Print every line of the listing below, starting with the line that holds "repository 8043a1e912789b57" and going on through the line that holds "ghost use Rattle.asm_read.specs.Tokens as t;", both included, and print nothing else.

### Input data:
----
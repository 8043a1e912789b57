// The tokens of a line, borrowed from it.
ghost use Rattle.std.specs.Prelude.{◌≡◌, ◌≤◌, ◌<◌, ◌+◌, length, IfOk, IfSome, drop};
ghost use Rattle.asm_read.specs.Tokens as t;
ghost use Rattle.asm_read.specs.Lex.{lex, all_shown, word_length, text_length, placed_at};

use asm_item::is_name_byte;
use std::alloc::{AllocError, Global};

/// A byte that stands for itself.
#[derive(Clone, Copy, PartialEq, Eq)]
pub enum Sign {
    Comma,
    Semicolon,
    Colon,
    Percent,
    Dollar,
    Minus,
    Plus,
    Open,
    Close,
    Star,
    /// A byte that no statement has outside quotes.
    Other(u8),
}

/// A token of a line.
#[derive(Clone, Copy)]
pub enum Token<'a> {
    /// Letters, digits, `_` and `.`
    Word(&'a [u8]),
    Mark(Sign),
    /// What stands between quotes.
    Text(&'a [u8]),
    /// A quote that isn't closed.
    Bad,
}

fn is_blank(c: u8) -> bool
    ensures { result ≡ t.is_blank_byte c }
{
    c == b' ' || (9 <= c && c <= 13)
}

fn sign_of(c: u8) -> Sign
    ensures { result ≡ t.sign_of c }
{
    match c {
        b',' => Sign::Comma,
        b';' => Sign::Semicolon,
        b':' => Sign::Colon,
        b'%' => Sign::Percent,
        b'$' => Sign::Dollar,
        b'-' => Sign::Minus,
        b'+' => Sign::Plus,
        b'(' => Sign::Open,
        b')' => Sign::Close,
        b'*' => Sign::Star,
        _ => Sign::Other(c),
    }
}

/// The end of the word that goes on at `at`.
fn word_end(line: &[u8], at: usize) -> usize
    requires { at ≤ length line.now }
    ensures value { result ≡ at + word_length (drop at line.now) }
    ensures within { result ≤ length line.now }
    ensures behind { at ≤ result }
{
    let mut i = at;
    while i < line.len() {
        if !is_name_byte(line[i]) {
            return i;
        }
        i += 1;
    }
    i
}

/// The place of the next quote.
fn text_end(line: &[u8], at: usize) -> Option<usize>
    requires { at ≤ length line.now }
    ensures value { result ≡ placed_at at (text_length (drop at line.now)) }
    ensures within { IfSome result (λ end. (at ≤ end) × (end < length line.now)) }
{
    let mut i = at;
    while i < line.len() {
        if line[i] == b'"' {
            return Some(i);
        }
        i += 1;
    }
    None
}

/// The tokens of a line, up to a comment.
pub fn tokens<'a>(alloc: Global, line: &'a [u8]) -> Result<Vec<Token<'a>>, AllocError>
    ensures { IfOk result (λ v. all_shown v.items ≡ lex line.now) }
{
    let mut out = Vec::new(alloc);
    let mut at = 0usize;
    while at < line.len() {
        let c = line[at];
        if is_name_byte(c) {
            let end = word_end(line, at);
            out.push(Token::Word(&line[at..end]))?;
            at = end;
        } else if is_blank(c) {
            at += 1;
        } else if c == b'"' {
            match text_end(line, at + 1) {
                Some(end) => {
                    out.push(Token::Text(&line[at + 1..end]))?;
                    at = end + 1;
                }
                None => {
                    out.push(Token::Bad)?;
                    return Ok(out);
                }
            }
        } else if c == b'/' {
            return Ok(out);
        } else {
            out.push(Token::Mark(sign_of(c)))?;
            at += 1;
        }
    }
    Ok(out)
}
----
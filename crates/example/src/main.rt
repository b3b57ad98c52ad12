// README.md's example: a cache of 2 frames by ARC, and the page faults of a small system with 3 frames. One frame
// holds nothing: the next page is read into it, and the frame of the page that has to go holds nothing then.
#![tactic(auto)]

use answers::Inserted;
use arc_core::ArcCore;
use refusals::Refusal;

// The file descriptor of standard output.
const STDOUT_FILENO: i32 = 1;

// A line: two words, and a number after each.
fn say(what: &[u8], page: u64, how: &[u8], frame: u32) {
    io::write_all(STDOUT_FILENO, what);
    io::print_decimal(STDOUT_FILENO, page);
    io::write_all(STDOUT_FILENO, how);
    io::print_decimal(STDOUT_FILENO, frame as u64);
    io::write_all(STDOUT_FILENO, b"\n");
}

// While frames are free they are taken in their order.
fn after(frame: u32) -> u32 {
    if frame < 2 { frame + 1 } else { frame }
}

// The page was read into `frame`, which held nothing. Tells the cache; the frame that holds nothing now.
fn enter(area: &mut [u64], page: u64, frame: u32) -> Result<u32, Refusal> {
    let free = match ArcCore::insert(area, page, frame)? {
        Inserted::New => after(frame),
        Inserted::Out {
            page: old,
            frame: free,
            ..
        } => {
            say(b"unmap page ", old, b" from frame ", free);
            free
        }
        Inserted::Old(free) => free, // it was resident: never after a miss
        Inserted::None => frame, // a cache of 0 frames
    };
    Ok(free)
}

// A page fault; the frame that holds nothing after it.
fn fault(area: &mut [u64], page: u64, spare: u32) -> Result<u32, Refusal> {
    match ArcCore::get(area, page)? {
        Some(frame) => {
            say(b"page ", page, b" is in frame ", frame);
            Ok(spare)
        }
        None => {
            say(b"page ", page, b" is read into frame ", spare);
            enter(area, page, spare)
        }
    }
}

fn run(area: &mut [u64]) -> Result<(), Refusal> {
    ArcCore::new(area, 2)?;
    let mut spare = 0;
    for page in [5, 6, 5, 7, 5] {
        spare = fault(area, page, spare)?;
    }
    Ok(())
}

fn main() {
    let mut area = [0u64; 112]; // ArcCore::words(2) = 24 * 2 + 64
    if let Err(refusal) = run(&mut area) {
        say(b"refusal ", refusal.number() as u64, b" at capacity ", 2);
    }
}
----
### Written reply:
repository 8043a1e912789b57
// The tokens of a line, borrowed from it.
ghost use Rattle.std.specs.Prelude.{◌≡◌, ◌≤◌, ◌<◌, ◌+◌, length, IfOk, IfSome, drop};
ghost use Rattle.asm_read.specs.Tokens as t;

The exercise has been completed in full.